Anyway, over the last couple of weeks I’ve channeled my growing aviary affection into a couple of lively Etsy searches, and OH, the cuteness that I’ve discovered. In fact, a few days ago I thought that if I ever have another baby I might even decorate a nursery with a bird theme, despite my concern that I’d wander into the hypothetical nursery in a sleep-deprived state and somehow a sweet little robin in a mural would suddenly look more like a predatory hawk, and I don’t really think it’s comforting for a hypothetical infant to hear a hypothetically exhausted woman screaming at the top of her lungs in the middle of the night and then falling underneath a hypothetical crib in a completely spastic version of stop, drop and roll.

So let’s scratch that hypothetical bird-themed nursery idea.
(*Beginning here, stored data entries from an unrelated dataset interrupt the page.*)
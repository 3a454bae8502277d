//! What no clause says: trails of checkpoints, whole and cut off, and what goes on from them, with ample memory.

ghost use Rattle.std.specs.Prelude.{◌≤◌};

use crate::checkpoints::minimus;
use crate::stop_tests::{ALL_DOUBLES, DOUBLES, MINIMUS};
use crate::test_calls::{Ending, answered, check, ends, words_of};
use cr_io::{MemSink, SureSource};
use cr_store::{Next, next_block};
use cr_top::{OpenGate, ringsearch, trail_alone};
use cr_trail::{TrailFault, last_block};
use std::alloc::Global;
use std::sync::Wait;
use std::test::Fail;
use std::thread::Threads;

// The trail with a checkpoint after each two turns.
const TRAIL: &str = minimus! {
    "block 147\n", "found 0\njobs 1\njob 1\n0 -\nend\n";
    "block 148\n", "found 0\njobs 1\njob 1\n0 pp\nend\n";
    "block 144\n", "found 1\n24 ppp\njobs 0\nend\n";
};

const BOOK: &str = "24 ppp\ntouches 1\n";

const NO_BLOCK: Ending = (10, "", "ringsearch: trail 2 Nothing\n");

#[test]
fn a_trail_is_written(rt: HostRuntime) -> Result<(), Fail> {
    check("469 bytes", TRAIL.len() == 469)?;
    for workers in ["1", "2"] {
        check(
            "the trail",
            ends(
                &rt,
                &["--every", "2", "--workers", workers],
                MINIMUS.as_bytes(),
                (0, TRAIL, ""),
            )?,
        )?;
    }
    Ok(())
}

// How many of the trail's first bytes there are, and the last block of them.
const FRONTS: [(usize, Result<(u64, u64), TrailFault>); 5] = [
    (156, Err(TrailFault::Nothing)),
    (157, Ok((10, 147))),
    (314, Ok((10, 147))),
    (315, Ok((167, 148))),
    (469, Ok((325, 144))),
];

#[test]
fn fronts_have_their_last_block() -> Result<(), Fail> {
    for (length, last) in FRONTS {
        check(
            "front",
            last_block(TRAIL.as_bytes().get(..length).unwrap_or_default()) == last,
        )?;
    }
    check(
        "block 0",
        last_block(b"block 0") == Err(TrailFault::Form(6)),
    )
}

// The words, what is read, and how the call ends.
const LASTS: &[(&[&str], &str, Ending<'static>)] = &[
    (&["--do", "last"], "", NO_BLOCK),
    (&["--do", "last"], "block 3\nab", NO_BLOCK),
    (&["--do", "last"], "block 3\nabcblock 9\n", (0, "abc", "")),
    (
        &["--do", "last"],
        "block 0",
        (10, "", "ringsearch: trail 1 Form 6\n"),
    ),
    (
        &["--do", "last"],
        BOOK,
        (10, "", "ringsearch: trail 1 Form 0\n"),
    ),
    (
        &["--do", "last", "--every", "3"],
        TRAIL,
        (2, "", "ringsearch: words 6 Mixed\n"),
    ),
    (
        &["--every", "5", "--turns", "5"],
        MINIMUS,
        (2, "", "ringsearch: words 6 Mixed\n"),
    ),
    (
        &["--every", "0"],
        MINIMUS,
        (2, "", "ringsearch: words 8 Every\n"),
    ),
    (
        &["--every", "2"],
        "",
        (4, "", "ringsearch: problem 2 Key stage\n"),
    ),
    (
        &["--every", "2"],
        "ringsearch checkpoint 3\n",
        (5, "", "ringsearch: checkpoint 1 Form 1\n"),
    ),
];

#[test]
fn last_blocks_are_written(rt: HostRuntime) -> Result<(), Fail> {
    for &(words, input, ending) in LASTS {
        check(input, ends(&rt, words, input.as_bytes(), ending)?)?;
    }
    Ok(())
}

// The status of a trail of Plain Bob Minimus, and what of it a sink took that takes so many bytes at once and fails at
// this write.
fn cut_off<R: AllocGlobal + Threads + Wait + Sync>(
    rt: &R,
    most: u64,
    write: u64,
) -> Result<(u8, Vec<u8>), Fail>
    requires { 1 ≤ most }
{
    let alloc = rt.alloc();
    let words = words_of(alloc, &["--every", "2"])?;
    let mut source = SureSource::new(MINIMUS.as_bytes().to_vec(alloc)?);
    let mut sink = MemSink::new(alloc, [write].to_vec(alloc)?, most);
    let mut notes = MemSink::new(alloc, [0].to_vec(alloc)?, 16);
    let status = ringsearch(rt, &words, &mut source, &mut sink, &mut notes, &OpenGate);
    let taken = sink.bytes().unwrap_or_default().to_vec(alloc)?;
    Ok((status.code(), taken))
}

// Whether the last block of these bytes can be written where there is one, and the search goes on from it to the book.
fn goes_on<R: AllocGlobal + Threads + Wait + Sync>(rt: &R, taken: &[u8]) -> Result<bool, Fail> {
    if taken.len() < 157 {
        return ends(rt, &["--do", "last"], taken, NO_BLOCK);
    }
    let (code, body) = answered(rt, &["--do", "last"], taken)?;
    Ok(code == 0 && ends(rt, &[], &body, (0, BOOK, ""))?)
}

// Whether a front of the trail was taken, with the status that belongs to it, and the search goes on from it.
fn is_front<R: AllocGlobal + Threads + Wait + Sync>(
    rt: &R,
    code: u8,
    taken: &[u8],
) -> Result<bool, Fail> {
    let wanted = if taken.len() < TRAIL.len() { 7 } else { 0 };
    Ok(code == wanted && TRAIL.as_bytes().starts_with(taken) && goes_on(rt, taken)?)
}

// Whether a sink that takes one byte at once and fails at each of these in turn leaves what the search goes on from.
fn fails_at_each_byte<R: AllocGlobal + Threads + Wait + Sync>(
    rt: &R,
    from: u64,
    to: u64,
) -> Result<(), Fail> {
    for write in from..=to {
        let (code, taken) = cut_off(rt, 1, write)?;
        check(
            "a byte",
            taken.len() as u64 + 1 == write && is_front(rt, code, &taken)?,
        )?;
    }
    Ok(())
}

#[test]
fn a_sink_fails_at_each_byte_of_the_first_block(rt: HostRuntime) -> Result<(), Fail> {
    fails_at_each_byte(&rt, 1, 157)
}

#[test]
fn a_sink_fails_at_each_byte_of_the_second_block(rt: HostRuntime) -> Result<(), Fail> {
    fails_at_each_byte(&rt, 158, 315)
}

#[test]
fn a_sink_fails_at_each_byte_of_the_last_block(rt: HostRuntime) -> Result<(), Fail> {
    fails_at_each_byte(&rt, 316, 470)
}

// No run writes as often as this to a sink that takes all at once: the first block by two writes, the second by three, and
// the last, with its touch, by four.
const WRITES: u64 = 10;

#[test]
fn a_sink_fails_at_each_write(rt: HostRuntime) -> Result<(), Fail> {
    for write in 1..=WRITES {
        let (code, taken) = cut_off(&rt, 1_000, write)?;
        check(
            "a write",
            (write > 1 || taken.is_empty()) && is_front(&rt, code, &taken)?,
        )?;
    }
    let (code, taken) = cut_off(&rt, 1_000, WRITES)?;
    check(
        "all writes",
        code == 0 && taken.as_slice() == TRAIL.as_bytes(),
    )
}

// The checkpoint of Plain Bob Minimus with these lines after the problem, as a block.
fn block_of(alloc: Global, lines: &str) -> Result<String, Fail> {
    let text = format!(in alloc; "ringsearch checkpoint 2\nproblem 82\n{MINIMUS}\n{lines}")?;
    Ok(format!(in alloc; "block {}\n{text}", text.len())?)
}

// The trail of these checkpoints.
fn trail_of(alloc: Global, checkpoints: &[&str]) -> Result<String, Fail> {
    let mut trail = String::new(alloc);
    for lines in checkpoints {
        trail.push_str(&block_of(alloc, lines)?)?;
    }
    Ok(trail)
}

const DONE: &str = "found 1\n24 ppp\njobs 0\nend\n";

const ROOT: &str = "found 0\njobs 1\njob 1\n0 -\nend\n";

const ONE: &str = "found 0\njobs 1\njob 1\n0 p\nend\n";

const TWO: &str = "found 0\njobs 1\njob 1\n0 pp\nend\n";

const THREE: &str = "found 0\njobs 1\njob 1\n0 ppp\nend\n";

// After how many turns a checkpoint comes, the lines of the input, which is the problem where there are none, and those of
// the checkpoints.
const TRAILS: &[(&str, &str, &[&str])] = &[
    ("1", "", &[ROOT, ONE, TWO, THREE, DONE]),
    ("3", "", &[ROOT, THREE, DONE]),
    ("4", "", &[ROOT, DONE]),
    ("5", "", &[ROOT, DONE]),
    ("9223372036854775807", "", &[ROOT, DONE]),
    ("1", DONE, &[DONE]),
    ("1", "found 0\njobs 0\nend\n", &["found 0\njobs 0\nend\n"]),
    ("2", ONE, &[ONE, THREE, DONE]),
];

#[test]
fn trails_of_minimus(rt: HostRuntime) -> Result<(), Fail> {
    for &(every, lines, checkpoints) in TRAILS {
        let input = input_of(rt.alloc(), lines)?;
        let trail = trail_of(rt.alloc(), checkpoints)?;
        check(
            every,
            ends(&rt, &["--every", every], input.as_bytes(), (0, &trail, ""))?,
        )?;
    }
    Ok(())
}

// The problem, or its checkpoint with these lines.
fn input_of(alloc: Global, lines: &str) -> Result<String, Fail> {
    if lines.is_empty() {
        return Ok(String::from_str(alloc, MINIMUS)?);
    }
    Ok(format!(in alloc; "ringsearch checkpoint 2\nproblem 82\n{MINIMUS}\n{lines}")?)
}

// The turns that the search of each checkpoint of a trail of Plain Bob Doubles takes, of which there is one after each
// three turns: with as many it ends, with one less it does not.
const LEFT: [(&str, &str); 11] = [
    ("32", "31"),
    ("29", "28"),
    ("26", "25"),
    ("23", "22"),
    ("20", "19"),
    ("17", "16"),
    ("14", "13"),
    ("11", "10"),
    ("8", "7"),
    ("5", "4"),
    ("2", "1"),
];

// The body of the block that begins at a place, and the place behind it.
fn body_from(text: &[u8], at: usize) -> Option<(&[u8], usize)> {
    if at > text.len() {
        return None;
    }
    match next_block(text, at as u64) {
        Next::Block(place, size) => {
            let end = (place as usize).checked_add(size as usize)?;
            Some((text.get(place as usize..end)?, end))
        }
        _ => None,
    }
}

// Whether a search goes on from a checkpoint to the book of Plain Bob Doubles in so many turns, and not in fewer.
fn takes<R: AllocGlobal + Threads + Wait + Sync>(
    rt: &R,
    body: &[u8],
    turns: &str,
    fewer: &str,
) -> Result<bool, Fail> {
    let (code, _) = answered(rt, &["--turns", fewer], body)?;
    Ok(code == 3 && ends(rt, &["--turns", turns], body, (0, ALL_DOUBLES, ""))?)
}

// Whether a trail has these checkpoints, and behind them one of no node.
fn falls_by_three<R: AllocGlobal + Threads + Wait + Sync>(
    rt: &R,
    trail: &[u8],
) -> Result<bool, Fail> {
    let mut at = 0;
    for (turns, fewer) in LEFT {
        match body_from(trail, at) {
            Some((body, end)) if takes(rt, body, turns, fewer)? => at = end,
            _ => return Ok(false),
        }
    }
    match body_from(trail, at) {
        Some((body, end)) => Ok(
            end == trail.len() && ends(rt, &["--turns", "0"], body, (0, ALL_DOUBLES, ""))?,
        ),
        None => Ok(false),
    }
}

#[test]
fn trails_of_doubles(rt: HostRuntime) -> Result<(), Fail> {
    for workers in ["1", "2", "64"] {
        let (code, trail) = answered(
            &rt,
            &["--every", "3", "--workers", workers],
            DOUBLES.as_bytes(),
        )?;
        check(workers, code == 0 && falls_by_three(&rt, &trail)?)?;
    }
    Ok(())
}

#[test]
fn one_worker_writes_a_trail_alone(rt: HostRuntime) -> Result<(), Fail> {
    let alloc = rt.alloc();
    let mut source = SureSource::new(MINIMUS.as_bytes().to_vec(alloc)?);
    let mut sink = MemSink::new(alloc, [0].to_vec(alloc)?, 16);
    let status = trail_alone(&rt, 2, &mut source, &mut sink, &OpenGate);
    check(
        "alone",
        status.code() == 0 && sink.bytes() == Some(TRAIL.as_bytes()),
    )
}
Let’s just focus on Etsy birdie cuteness instead:

- This wallet
- This purse
- This print
- This print (SO tempted to order this one for myself)
- This tote bag

See? Aren’t the birds adorable?

And by the way: did I mention that owls are in the midst of a decorative resurgence?

I seriously can’t get that phrase out of my head.

Now do have a lovely Tuesday.

Internets, You Must Never Doubt My Love For You

February 7, 2008

Today, as one of my 54 errands (that number is merely an approximation and may not be completely accurate), I had to return a few things to Old Navy.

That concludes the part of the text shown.